I have a couple of Honda EN2500's. They all run great except they are only putting out 3.0 Volts AC at the plug. I tested the capacitor and they all test good at 13 Microfarons. This is a brushless generator. Any help would be great. Also looking for a wiring diagram for the generator. It's a Sawafuji generator.


----------



## Robert Coats (Nov 10, 2011)

trbojet said:


> I have a couple of Honda EN2500's. They all run great except they are only putting out 3.0 Volts AC at the plug. I tested the capacitor and they all test good at 13 Microfarons. This is a brushless generator. Any help would be great. Also looking for a wiring diagram for the generator. It's a Sawafuji generator.


Honda sells paper copies (89 pages) of the shop manual direct from eBay and Amazon; the shop manual includes a very complete, step-by-step troubleshooting section for "no or low output".
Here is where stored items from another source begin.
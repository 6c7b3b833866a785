// The zero test (01, "Draws from lent random octets": zero test): whether the key's value at a secret is 0.
// It refuses a length that is not the exact one (6), a secret with an unused bit set (7), a coefficient of the key that is not below q (8)
// and a secret element with a zero top coefficient (14); a refusal leaves the answer as it was. The set is accepted. The work words are zero
// after every ending past the length test. The contract is the definitions' TellsZero.
#![tactic(auto)]

ghost use Rattle.definitions.specs.Promises.{TellsZero};
ghost use Rattle.parameters.specs.Answers.{set_from};
ghost use Rattle.parameters.specs.Refusals.{number_in};
ghost use Rattle.secrets.specs.Secrets.{ValueInputs};
ghost use Rattle.zero_test.specs.Tested.{Tested};

use parameters::Parameters;
use parameters::refusals::Refusal;

// The test, after the length test; the work words are left as they come.
fn tested(
    p: Parameters,
    secret: &[u8],
    public: &[u8],
    work: &mut [u32],
    zero: &mut u32,
) -> Result<(), Refusal>
    requires { ValueInputs (set_from p) p.set.dx secret.now public.now work.old }
    ensures { Tested (set_from p) secret.now public.now (number_in result) zero.old zero.new }
{
    secrets::value(p, p.set.dx as usize, secret, public, work)?;
    let n = p.set.n as usize;
    let from = 2 * n;
    let end = from + n;
    *zero = ring::vanishes(work, from, end) as u32;
    Ok(())
}

pub fn is_zero(
    p: Parameters,
    secret: &[u8],
    public: &[u8],
    work: &mut [u32],
    zero: &mut u32,
) -> Result<(), Refusal>
    ensures { TellsZero (set_from p) secret public work zero (number_in result) }
{
    if !lengths::keys_exact(p, secret.len(), public.len(), work.len()) {
        return Err(Refusal::Length);
    }
    let outcome = tested(p, secret, public, work, zero);
    ring::cleared(work, outcome)
}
*Honda Power Equipment Shop Manuals on eBay*
*Honda Power Equipment Shop Manuals on Amazon*

The EN2500 is a basic machine, so only so much can go wrong. You need to verify the engine is running smoothly @ 3,850 rpm first. If the harness is intact, and there's no physical damage or abuse visible, it could be a failed condenser, stator, or rotor. With the shop manual, you only need a multimeter to narrow down which part is causing the problem.

Sample:


----------



## trbojet (Jul 29, 2015)

Great info.....just ordered a shop manual. I'll let you know how I made out.


----------



## trbojet (Jul 29, 2015)

I was surprised that there was nothing online in PDF form for a download.


----------



## Robert Coats (Nov 10, 2011)

trbojet said:


> I was surprised that there was nothing online in PDF form for a download.


Honda only distributes paper copies of shop manuals for customers. Digital versions are sent to Honda dealers who pay a significant subscription fee. 

If you do stumble across a digital copy of a Honda USA-spec equipment shop manual, it is a pirated copy, and might not even correctly match your product.


----------



## Paul J. Nederveen (Feb 21, 2017)

Hey trbojet,

Did you ever figure out what was wrong? I have the same problem now on my EN2500 and came across this thread. I will purchase a shop manual, but I was curious if you got yours fixed or gave up due to cost...

Thanks!


----------



## donfel (Dec 12, 2020)

trbojet said:


> I have a couple of Honda EN2500's. They all run great except they are only putting out 3.0 Volts AC at the plug. I tested the capacitor and they all test good at 13 Microfarons. This is a brushless generator. Any help would be great. Also looking for a wiring diagram for the generator. It's a Sawafuji generator.


You may need to flash your generator with a nine volt battery, google this.


----------